> [Task data]:
┌──

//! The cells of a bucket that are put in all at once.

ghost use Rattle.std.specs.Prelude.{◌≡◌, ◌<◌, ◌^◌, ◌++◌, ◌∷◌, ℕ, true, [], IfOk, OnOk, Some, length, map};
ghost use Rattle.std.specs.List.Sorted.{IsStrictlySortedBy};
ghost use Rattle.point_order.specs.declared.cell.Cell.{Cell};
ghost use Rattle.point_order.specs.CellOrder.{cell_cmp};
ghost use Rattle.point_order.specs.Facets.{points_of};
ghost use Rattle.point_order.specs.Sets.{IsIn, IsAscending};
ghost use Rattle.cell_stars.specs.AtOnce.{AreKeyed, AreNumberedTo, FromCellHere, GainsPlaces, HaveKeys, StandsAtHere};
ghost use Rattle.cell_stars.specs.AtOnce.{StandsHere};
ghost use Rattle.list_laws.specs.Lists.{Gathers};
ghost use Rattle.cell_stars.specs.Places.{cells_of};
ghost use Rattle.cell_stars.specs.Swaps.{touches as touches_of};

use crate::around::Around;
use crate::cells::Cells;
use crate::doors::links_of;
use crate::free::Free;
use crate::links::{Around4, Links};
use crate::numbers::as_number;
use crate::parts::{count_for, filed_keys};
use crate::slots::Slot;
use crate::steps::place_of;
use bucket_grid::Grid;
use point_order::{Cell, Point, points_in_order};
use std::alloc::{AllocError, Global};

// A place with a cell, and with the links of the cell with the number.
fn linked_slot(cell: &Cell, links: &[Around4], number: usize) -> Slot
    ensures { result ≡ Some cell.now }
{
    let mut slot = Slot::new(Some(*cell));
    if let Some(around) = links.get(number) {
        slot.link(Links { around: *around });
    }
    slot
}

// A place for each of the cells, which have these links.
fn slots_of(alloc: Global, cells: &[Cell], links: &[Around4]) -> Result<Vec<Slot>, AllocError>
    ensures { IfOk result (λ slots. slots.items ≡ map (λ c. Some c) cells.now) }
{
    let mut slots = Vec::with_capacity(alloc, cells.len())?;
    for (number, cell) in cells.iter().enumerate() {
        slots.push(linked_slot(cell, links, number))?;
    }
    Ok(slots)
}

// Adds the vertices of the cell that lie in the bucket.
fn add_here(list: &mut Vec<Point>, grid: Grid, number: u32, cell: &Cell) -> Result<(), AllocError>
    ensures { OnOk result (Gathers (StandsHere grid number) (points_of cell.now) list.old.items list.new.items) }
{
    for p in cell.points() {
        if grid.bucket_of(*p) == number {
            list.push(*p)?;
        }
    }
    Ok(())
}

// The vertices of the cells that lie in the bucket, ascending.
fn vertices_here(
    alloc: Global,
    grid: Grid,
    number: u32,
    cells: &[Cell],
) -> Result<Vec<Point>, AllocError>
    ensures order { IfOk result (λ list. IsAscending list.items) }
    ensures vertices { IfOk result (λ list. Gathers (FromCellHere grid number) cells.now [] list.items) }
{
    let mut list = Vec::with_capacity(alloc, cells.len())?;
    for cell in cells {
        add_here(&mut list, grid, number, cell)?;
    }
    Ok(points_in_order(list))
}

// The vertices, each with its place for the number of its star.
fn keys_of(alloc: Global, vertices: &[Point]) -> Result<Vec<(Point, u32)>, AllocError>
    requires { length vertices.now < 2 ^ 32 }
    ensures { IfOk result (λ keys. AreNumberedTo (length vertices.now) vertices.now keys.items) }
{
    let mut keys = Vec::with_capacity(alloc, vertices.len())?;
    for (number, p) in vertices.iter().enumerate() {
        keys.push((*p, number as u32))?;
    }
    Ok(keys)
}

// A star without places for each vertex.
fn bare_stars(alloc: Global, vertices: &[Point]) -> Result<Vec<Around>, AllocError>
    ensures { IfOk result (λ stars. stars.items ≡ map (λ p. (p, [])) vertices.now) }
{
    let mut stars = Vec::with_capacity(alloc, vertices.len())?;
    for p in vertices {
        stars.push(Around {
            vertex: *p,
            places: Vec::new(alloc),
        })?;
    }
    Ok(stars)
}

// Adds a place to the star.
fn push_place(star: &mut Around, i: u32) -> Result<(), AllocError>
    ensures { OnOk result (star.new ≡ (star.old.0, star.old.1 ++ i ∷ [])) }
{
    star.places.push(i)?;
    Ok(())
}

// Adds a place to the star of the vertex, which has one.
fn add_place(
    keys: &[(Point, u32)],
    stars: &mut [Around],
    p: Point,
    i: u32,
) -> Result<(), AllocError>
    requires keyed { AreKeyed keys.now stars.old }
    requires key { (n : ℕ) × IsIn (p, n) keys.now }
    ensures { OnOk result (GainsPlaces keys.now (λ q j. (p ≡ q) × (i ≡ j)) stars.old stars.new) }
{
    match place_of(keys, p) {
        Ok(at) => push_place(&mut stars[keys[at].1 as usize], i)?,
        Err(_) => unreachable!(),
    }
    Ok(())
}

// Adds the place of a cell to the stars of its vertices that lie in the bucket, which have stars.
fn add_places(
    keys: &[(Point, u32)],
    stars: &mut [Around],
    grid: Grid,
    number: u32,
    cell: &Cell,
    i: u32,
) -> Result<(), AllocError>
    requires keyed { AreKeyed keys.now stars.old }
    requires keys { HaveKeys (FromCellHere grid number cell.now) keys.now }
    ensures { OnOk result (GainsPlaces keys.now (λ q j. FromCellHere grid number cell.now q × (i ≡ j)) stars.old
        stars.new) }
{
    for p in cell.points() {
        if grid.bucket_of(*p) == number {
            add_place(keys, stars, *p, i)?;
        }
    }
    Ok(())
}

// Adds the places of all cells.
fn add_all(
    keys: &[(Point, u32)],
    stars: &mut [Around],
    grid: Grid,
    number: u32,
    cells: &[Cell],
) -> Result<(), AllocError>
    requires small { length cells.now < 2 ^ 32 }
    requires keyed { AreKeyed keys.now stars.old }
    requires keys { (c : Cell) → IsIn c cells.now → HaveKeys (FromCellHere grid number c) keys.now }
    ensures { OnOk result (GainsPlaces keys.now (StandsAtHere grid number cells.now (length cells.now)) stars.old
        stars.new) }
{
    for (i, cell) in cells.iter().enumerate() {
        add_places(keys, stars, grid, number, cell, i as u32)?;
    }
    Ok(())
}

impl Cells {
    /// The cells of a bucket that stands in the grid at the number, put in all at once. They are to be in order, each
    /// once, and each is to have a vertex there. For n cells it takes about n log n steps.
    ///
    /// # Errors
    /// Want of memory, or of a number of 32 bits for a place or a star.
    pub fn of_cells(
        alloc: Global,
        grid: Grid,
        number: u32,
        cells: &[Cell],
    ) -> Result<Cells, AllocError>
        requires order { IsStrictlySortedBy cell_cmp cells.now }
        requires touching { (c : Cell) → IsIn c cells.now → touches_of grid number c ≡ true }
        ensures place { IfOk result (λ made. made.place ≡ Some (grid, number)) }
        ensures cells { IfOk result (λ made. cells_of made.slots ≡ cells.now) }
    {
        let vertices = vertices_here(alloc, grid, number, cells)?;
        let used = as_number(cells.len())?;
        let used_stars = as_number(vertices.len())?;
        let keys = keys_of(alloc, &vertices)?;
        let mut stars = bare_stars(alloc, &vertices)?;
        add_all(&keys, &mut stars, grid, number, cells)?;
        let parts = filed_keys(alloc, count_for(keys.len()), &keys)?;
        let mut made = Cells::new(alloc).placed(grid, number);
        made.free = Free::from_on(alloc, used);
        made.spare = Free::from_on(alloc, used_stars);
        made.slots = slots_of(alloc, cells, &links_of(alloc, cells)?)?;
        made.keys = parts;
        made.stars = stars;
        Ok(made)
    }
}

└──
┌──

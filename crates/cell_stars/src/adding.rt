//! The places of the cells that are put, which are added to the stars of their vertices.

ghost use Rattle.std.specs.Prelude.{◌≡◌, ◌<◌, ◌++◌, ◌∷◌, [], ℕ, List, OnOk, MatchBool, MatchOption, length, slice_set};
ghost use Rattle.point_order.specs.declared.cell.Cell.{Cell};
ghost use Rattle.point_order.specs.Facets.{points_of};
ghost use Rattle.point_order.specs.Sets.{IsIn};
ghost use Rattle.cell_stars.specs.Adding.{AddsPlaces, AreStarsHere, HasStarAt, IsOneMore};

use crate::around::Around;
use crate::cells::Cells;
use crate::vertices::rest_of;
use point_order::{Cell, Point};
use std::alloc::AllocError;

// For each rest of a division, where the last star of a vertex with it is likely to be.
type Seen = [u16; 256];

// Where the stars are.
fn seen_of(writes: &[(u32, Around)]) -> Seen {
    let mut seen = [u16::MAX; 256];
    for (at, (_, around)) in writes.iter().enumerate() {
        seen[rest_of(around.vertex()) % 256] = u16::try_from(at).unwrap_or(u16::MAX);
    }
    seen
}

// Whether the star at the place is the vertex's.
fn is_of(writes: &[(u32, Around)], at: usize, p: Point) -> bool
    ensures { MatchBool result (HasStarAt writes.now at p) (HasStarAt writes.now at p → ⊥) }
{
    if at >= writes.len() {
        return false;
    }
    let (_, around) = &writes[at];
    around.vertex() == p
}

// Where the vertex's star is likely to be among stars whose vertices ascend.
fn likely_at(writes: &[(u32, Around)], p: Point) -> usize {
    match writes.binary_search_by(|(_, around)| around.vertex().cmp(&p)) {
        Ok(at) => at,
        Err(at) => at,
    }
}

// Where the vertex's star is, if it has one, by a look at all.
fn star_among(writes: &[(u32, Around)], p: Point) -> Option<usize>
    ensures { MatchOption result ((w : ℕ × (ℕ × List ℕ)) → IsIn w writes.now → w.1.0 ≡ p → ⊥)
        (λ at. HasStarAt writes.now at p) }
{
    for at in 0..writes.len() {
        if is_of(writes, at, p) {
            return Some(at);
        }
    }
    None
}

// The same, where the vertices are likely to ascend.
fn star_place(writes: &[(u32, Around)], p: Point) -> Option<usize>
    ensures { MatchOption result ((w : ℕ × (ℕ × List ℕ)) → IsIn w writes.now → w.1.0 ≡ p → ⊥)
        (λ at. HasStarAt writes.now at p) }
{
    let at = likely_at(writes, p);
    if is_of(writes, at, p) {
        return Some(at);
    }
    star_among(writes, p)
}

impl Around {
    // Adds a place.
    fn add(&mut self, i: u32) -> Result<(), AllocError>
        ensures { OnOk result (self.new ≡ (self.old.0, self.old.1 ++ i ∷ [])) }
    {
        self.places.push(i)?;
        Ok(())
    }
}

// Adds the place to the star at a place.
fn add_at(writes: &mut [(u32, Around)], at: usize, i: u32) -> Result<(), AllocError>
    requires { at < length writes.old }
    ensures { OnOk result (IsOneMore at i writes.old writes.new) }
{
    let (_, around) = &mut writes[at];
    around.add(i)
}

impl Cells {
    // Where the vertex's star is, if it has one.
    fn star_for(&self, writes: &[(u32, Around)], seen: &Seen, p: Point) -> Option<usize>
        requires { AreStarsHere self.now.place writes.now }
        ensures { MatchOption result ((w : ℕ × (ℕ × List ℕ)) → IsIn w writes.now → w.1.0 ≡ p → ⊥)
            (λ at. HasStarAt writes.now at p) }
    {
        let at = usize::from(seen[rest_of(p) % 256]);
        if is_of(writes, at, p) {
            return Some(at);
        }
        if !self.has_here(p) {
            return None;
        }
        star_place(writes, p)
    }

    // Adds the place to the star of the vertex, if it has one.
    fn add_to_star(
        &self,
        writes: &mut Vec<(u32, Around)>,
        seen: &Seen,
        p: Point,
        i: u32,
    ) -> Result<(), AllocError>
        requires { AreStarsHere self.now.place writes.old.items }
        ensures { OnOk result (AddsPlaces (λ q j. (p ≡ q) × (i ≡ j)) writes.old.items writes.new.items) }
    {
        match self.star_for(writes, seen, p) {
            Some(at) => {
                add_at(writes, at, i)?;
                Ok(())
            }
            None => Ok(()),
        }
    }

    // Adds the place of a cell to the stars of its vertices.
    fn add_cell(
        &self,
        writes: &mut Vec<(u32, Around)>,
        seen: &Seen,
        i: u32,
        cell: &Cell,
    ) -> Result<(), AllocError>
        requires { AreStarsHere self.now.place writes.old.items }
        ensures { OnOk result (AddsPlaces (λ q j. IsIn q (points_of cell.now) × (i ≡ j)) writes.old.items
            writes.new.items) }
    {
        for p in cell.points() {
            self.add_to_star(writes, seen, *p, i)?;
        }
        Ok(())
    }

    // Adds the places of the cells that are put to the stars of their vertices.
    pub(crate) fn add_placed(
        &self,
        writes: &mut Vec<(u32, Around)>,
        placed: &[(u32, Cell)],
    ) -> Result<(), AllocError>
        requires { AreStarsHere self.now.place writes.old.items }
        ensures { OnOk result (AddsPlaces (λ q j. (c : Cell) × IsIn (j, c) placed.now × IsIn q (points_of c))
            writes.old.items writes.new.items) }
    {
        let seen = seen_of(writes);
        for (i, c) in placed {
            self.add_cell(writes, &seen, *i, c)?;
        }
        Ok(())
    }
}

└──

> [Task to carry out]:
What is needed is an exact copy of the lines above, from the one containing "use crate::vertices::rest_of;" through the one containing "if at >= writes.len()", with nothing added.

> [Written solution]:
use crate::vertices::rest_of;
use point_order::{Cell, Point};
use std::alloc::AllocError;

// For each rest of a division, where the last star of a vertex with it is likely to be.
type Seen = [u16; 256];

// Where the stars are.
fn seen_of(writes: &[(u32, Around)]) -> Seen {
    let mut seen = [u16::MAX; 256];
    for (at, (_, around)) in writes.iter().enumerate() {
        seen[rest_of(around.vertex()) % 256] = u16::try_from(at).unwrap_or(u16::MAX);
    }
    seen
}

// Whether the star at the place is the vertex's.
fn is_of(writes: &[(u32, Around)], at: usize, p: Point) -> bool
    ensures { MatchBool result (HasStarAt writes.now at p) (HasStarAt writes.now at p → ⊥) }
{
    if at >= writes.len() {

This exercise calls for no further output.